___ Stored data ___

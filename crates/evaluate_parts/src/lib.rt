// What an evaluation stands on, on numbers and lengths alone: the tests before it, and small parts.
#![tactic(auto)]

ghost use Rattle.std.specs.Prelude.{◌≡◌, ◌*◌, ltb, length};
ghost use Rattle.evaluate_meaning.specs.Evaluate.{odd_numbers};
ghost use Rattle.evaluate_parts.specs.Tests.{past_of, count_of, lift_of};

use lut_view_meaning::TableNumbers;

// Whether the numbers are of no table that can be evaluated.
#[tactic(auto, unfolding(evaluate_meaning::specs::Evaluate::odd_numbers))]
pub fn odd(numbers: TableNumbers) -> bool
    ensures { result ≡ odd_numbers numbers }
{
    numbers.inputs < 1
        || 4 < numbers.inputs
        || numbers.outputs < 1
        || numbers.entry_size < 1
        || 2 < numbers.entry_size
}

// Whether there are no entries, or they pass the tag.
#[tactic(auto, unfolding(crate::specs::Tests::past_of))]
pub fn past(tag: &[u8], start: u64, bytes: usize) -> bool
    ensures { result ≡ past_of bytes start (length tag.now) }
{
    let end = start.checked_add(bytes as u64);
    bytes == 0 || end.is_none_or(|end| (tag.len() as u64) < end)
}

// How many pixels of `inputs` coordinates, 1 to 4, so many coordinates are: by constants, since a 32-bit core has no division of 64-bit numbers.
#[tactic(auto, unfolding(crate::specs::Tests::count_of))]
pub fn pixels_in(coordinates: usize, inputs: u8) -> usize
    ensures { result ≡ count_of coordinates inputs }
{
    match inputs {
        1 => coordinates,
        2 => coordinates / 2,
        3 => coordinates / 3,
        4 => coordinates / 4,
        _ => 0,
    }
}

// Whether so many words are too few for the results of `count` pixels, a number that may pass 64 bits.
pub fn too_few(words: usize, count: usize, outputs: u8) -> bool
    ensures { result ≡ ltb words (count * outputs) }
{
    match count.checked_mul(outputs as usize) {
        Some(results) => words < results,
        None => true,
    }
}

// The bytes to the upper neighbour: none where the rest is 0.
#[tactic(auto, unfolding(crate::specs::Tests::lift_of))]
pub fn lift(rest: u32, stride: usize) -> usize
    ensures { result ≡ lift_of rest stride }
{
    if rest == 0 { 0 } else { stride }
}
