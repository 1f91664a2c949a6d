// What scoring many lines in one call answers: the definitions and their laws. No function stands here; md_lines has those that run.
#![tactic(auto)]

___

Exactly the lines from the one containing "the rest is 0." to the final line of the entries must be restated, and no others.

— Task response —
// The bytes to the upper neighbour: none where the rest is 0.
#[tactic(auto, unfolding(crate::specs::Tests::lift_of))]
pub fn lift(rest: u32, stride: usize) -> usize
    ensures { result ≡ lift_of rest stride }
{
    if rest == 0 { 0 } else { stride }
}
repository 1f91664a2c949a6d
// What scoring many lines in one call answers: the definitions and their laws. No function stands here; md_lines has those that run.
#![tactic(auto)]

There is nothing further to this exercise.